The First Fleet landed in what was to become Sydney on 26th January 1788 and the first marriage took place soon after. (The first baptism and death registered for the new colony actually occurred en route to Australia, in 1787.)
Britain had claimed all the are from 133 degrees east to 135 degrees east for the new colony of New South Wales. That western boundary line passes roughly down the middle of the Australian continent, to the east it included New Zealand and beyond. All this area was originally administered as part of the colony of New South Wales. Boundaries and borders changed over time, and new colonies were created out of land that was previously NSW.
But back to those marriages. The earliest baptisms, marriages and burials in the colony of New South Wales were recorded in the church records. On 1st March 1856 Civil Registration was established in NSW, meaning that the government began administering the registration of births, marriages and deaths, and issuing certificates. The Registry began acquiring the church records.
Between 1856 and 1895, some details (such as details of the parents of bride and groom), were recorded in the church marriage documents but not in the official Registry documents. In 1912 Registry staff began collecting these additional details and adding them into the Registry copies, but the process was never completed.

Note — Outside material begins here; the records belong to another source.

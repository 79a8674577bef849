//! Bars, which show tasks, and lines to them from the events that made them.

ghost use Rattle.std.specs.Prelude.{◌<◌};

use crate::drawing::{Bar, Thread};
use crate::page::{Page, labelled, rectangle, text};
use crate::places::{View, lane_top};
use std::alloc::{AllocError, Global};
use tw_symbols::Symbols;
use tw_types::Layout;
use tw_writer::{Piece, Writer};

/// Returns the tooltip of a bar: its task, its procedure and its events. An open bar has no last event.
fn bar_title(alloc: Global, names: &Symbols, bar: &Bar) -> Writer {
    let mut title = text(
        alloc,
        &[
            Piece::Text("task "),
            Piece::Number(bar.task.number() as usize),
            Piece::Text(" of procedure "),
            Piece::Number(usize::from(bar.procedure)),
        ],
    );
    let done = names.put(&mut title.bytes, usize::from(bar.procedure));
    title.note(done);
    match bar.to {
        None => {
            title.put_numbered(", from event ", bar.from as usize);
            title.put(" on");
        }
        Some(to) => {
            title.put_numbered(", events ", bar.from as usize);
            title.put_numbered(" to ", to as usize);
        }
    }
    title
}

/// Returns the first of three texts that fits into a width at seven units for a letter, or an empty one.
fn first_fitting<'a>(a: &'a [u8], b: &'a [u8], c: &'a [u8], width: usize) -> &'a [u8] {
    let most = width / 7;
    if a.len() <= most {
        a
    } else if b.len() <= most {
        b
    } else if c.len() <= most {
        c
    } else {
        &[]
    }
}

/// Returns the label of a bar: its task and its procedure if both fit, or its procedure, or its procedure's number, or nothing.
fn label_text(
    alloc: Global,
    names: &Symbols,
    bar: &Bar,
    width: usize,
) -> Result<Vec<u8>, AllocError> {
    let mut number = Writer::new(alloc);
    number.put_numbered("p", usize::from(bar.procedure));
    let number = number.finish()?;
    let name = names.procedure(usize::from(bar.procedure));
    let procedure = if name.is_empty() { &number[..] } else { name };
    let mut full = Writer::new(alloc);
    full.put_numbered("t", bar.task.number() as usize);
    full.put(" ");
    full.put_bytes(procedure);
    let full = full.finish()?;
    first_fitting(&full, procedure, &number, width).to_vec(alloc)
}

/// Returns whether a bar is drawn: some of its events are shown, and if there are too many events for a marker each, it is long.
fn has_bar(view: View, bar: &Bar, width: usize) -> bool {
    let end = match bar.to {
        None => view.last,
        Some(to) => to.min(view.last),
    };
    let least = if view.is_coarse() { 24 } else { 0 };
    bar.from <= view.last && view.first <= end && least <= width
}

/// Adds a bar, and its label.
fn put_bar(out: &mut Page, names: &Symbols, layout: Layout, view: View, bar: &Bar) {
    let left = view.left_of(bar.from);
    let width = view.right_of(bar.to).saturating_sub(left);
    if !has_bar(view, bar, width) {
        return;
    }
    let top = lane_top(layout, bar.actor);
    let class = if bar.to.is_some() { "bar" } else { "open" };
    let title = bar_title(out.alloc, names, bar);
    out.put_titled("rect", &rectangle(class, left, top + 16, width, 18), &title);
    match label_text(out.alloc, names, bar, width) {
        Ok(label) => {
            if !label.is_empty() {
                out.put_words("text", &labelled("label", left + 1, top + 12), &label);
            }
        }
        Err(_) => out.fail(),
    }
}

/// Adds a bar for each task that is shown.
pub fn put_bars(out: &mut Page, names: &Symbols, layout: Layout, view: View, bars: &[Bar]) {
    for bar in bars {
        put_bar(out, names, layout, view, bar);
    }
}

/// Returns the route of a curve between two points, horizontal at both ends.
pub fn curve(alloc: Global, from: (usize, usize), to: (usize, usize)) -> Writer {
    let middle = from.0 / 2 + to.0 / 2;
    text(
        alloc,
        &[
            Piece::Text("M "),
            Piece::Number(from.0),
            Piece::Text(" "),
            Piece::Number(from.1),
            Piece::Text(" C "),
            Piece::Number(middle),
            Piece::Text(" "),
            Piece::Number(from.1),
            Piece::Text(" "),
            Piece::Number(middle),
            Piece::Text(" "),
            Piece::Number(to.1),
            Piece::Text(" "),
            Piece::Number(to.0),
            Piece::Text(" "),
            Piece::Number(to.1),
        ],
    )
}

/// Returns the curve from the event that made a task to just above the beginning of its bar.
fn thread_route(alloc: Global, layout: Layout, view: View, thread: &Thread) -> Writer {
    let (from, to) = (thread.from, thread.to);
    let start = if view.is_shown(from.number) {
        view.across(from.number as usize) + view.mark_inset()
    } else {
        view.left_of(from.number)
    };
    let end = if view.is_shown(to.number) {
        view.across(to.number as usize)
    } else {
        view.right_of(Some(to.number))
    };
    curve(
        alloc,
        (start, lane_top(layout, from.actor) + 25),
        (end, lane_top(layout, to.actor) + 15),
    )
}

/// Adds a line from the event that made a task to its bar, if one of both is shown and the line is one of those that are drawn.
fn put_thread(out: &mut Page, layout: Layout, view: View, thread: &Thread) {
    let seen = view.is_shown(thread.from.number) || view.is_shown(thread.to.number);
    if !seen || !view.has_line(thread.task.number()) {
        return;
    }
    let title = text(
        out.alloc,
        &[
            Piece::Text("task "),
            Piece::Number(thread.task.number() as usize),
            Piece::Text(", made at event "),
            Piece::Number(thread.from.number as usize),
            Piece::Text(", taken at event "),
            Piece::Number(thread.to.number as usize),
        ],
    );
    let class = if view.is_wide() { "thread" } else { "thin" };
    let route = thread_route(out.alloc, layout, view, thread);
    out.put_titled_path(class, &route, &title);
}

/// Adds a line to each task that a shown event makes or takes, or to some of these if they are too many.
pub fn put_threads(out: &mut Page, layout: Layout, view: View, threads: &[Thread]) {
    for thread in threads {
        put_thread(out, layout, view, thread);
    }
}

Most of the surviving 19th century church records have now been filmed and made available as part of the ‘Church and Parish Registers Joint Copy Project’, conducted by the Society of Australian Genealogists (SAG), the State Library of NSW and the National Library of Australia. In addition many church records have been filmed by the Church of Jesus Christ of Latter-Day Saints – check out the Library Catalogue on FamilySearch.
So if you obtain a copy of a marriage certificate which has the parents’ details blank, it would be a good idea to check out the corresponding church marriage record. Often the information was recorded there, but just not transferred into the copy held by the NSW Registry.